*** Opening of Records to use ***

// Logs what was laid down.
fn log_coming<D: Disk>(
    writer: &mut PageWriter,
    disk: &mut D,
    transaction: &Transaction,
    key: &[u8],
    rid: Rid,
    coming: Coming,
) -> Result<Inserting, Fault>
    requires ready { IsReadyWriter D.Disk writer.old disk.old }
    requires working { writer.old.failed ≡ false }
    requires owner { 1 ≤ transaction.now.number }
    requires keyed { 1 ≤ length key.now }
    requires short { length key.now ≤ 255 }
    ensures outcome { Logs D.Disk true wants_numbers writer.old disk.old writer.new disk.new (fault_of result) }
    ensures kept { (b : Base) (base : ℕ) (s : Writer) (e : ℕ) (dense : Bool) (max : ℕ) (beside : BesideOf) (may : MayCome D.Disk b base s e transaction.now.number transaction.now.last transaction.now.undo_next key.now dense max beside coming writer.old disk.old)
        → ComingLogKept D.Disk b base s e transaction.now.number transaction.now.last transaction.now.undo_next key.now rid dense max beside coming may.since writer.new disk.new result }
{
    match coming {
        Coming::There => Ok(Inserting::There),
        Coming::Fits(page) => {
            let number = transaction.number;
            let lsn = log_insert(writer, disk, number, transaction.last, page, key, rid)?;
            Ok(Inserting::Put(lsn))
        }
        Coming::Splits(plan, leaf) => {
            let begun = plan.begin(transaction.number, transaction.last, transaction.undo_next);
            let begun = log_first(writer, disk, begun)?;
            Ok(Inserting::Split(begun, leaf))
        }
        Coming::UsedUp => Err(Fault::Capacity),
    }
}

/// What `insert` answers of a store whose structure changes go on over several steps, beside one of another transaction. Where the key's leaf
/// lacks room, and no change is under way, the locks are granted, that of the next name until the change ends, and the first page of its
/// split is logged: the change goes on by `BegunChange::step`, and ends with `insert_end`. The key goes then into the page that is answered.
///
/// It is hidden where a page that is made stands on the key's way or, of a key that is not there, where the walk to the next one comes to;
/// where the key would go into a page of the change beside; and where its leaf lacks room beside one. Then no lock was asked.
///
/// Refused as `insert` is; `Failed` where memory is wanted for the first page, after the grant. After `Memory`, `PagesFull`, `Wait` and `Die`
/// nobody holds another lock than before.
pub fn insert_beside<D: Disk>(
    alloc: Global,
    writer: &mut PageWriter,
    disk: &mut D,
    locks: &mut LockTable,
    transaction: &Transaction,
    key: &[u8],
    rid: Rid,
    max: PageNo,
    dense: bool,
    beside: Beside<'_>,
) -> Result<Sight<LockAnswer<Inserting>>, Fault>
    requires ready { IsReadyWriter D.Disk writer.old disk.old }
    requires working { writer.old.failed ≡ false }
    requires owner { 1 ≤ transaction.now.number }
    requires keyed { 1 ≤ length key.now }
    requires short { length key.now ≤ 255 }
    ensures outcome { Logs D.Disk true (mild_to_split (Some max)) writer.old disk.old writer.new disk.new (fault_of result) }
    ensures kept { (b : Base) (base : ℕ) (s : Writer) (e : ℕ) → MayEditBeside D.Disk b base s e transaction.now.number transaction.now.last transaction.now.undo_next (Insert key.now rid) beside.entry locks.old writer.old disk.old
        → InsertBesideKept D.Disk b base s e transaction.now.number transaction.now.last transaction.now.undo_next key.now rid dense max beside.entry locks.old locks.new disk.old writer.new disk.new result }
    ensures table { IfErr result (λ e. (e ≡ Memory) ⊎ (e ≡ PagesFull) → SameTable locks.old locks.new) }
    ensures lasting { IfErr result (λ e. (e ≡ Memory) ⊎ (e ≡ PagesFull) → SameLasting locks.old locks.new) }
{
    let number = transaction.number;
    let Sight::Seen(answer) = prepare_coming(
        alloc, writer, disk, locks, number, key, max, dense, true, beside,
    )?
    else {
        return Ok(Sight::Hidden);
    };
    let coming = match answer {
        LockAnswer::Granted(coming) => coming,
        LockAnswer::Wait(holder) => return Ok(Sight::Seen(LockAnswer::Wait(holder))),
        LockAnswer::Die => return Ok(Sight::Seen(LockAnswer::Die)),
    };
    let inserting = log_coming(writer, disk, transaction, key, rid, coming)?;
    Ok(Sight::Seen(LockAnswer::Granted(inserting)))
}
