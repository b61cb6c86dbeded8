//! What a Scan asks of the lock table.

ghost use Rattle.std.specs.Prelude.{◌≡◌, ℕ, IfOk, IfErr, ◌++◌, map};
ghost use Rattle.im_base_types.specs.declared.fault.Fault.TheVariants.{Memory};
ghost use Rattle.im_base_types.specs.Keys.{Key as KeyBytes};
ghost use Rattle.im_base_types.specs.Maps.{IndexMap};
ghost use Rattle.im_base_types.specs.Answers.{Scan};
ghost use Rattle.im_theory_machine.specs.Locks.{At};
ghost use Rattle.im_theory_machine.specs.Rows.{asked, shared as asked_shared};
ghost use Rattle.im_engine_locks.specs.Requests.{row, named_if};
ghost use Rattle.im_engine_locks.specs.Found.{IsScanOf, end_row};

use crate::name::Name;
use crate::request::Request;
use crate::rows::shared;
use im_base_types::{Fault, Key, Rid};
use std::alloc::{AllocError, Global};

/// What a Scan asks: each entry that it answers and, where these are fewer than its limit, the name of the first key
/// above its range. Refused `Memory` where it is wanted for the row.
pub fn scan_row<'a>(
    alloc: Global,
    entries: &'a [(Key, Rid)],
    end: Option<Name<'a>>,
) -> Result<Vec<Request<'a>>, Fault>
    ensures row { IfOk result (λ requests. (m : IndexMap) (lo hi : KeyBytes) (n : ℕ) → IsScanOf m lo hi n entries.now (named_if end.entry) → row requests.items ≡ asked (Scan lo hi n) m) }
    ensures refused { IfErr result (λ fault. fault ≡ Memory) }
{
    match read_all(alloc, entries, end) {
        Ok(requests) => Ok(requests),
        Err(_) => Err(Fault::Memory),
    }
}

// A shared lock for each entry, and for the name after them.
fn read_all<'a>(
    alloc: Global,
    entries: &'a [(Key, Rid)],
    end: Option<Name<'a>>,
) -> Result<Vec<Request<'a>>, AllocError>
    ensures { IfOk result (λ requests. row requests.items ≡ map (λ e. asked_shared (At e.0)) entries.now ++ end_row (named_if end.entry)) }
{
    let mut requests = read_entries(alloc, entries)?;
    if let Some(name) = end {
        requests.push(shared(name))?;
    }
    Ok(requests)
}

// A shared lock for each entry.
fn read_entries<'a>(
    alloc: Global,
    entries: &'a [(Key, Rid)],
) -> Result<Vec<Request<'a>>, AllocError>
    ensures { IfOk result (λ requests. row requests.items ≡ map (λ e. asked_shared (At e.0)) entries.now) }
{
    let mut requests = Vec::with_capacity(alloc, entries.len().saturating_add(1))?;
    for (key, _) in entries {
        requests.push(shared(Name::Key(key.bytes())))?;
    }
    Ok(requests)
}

*** Close of Records to use ***

**Task to carry out**
Where a line of the entries above holds the word "leaf", return that line.

**Result of this exercise**
        Coming::Splits(plan, leaf) => {
            Ok(Inserting::Split(begun, leaf))
/// What `insert` answers of a store whose structure changes go on over several steps, beside one of another transaction. Where the key's leaf
/// where the key would go into a page of the change beside; and where its leaf lacks room beside one. Then no lock was asked.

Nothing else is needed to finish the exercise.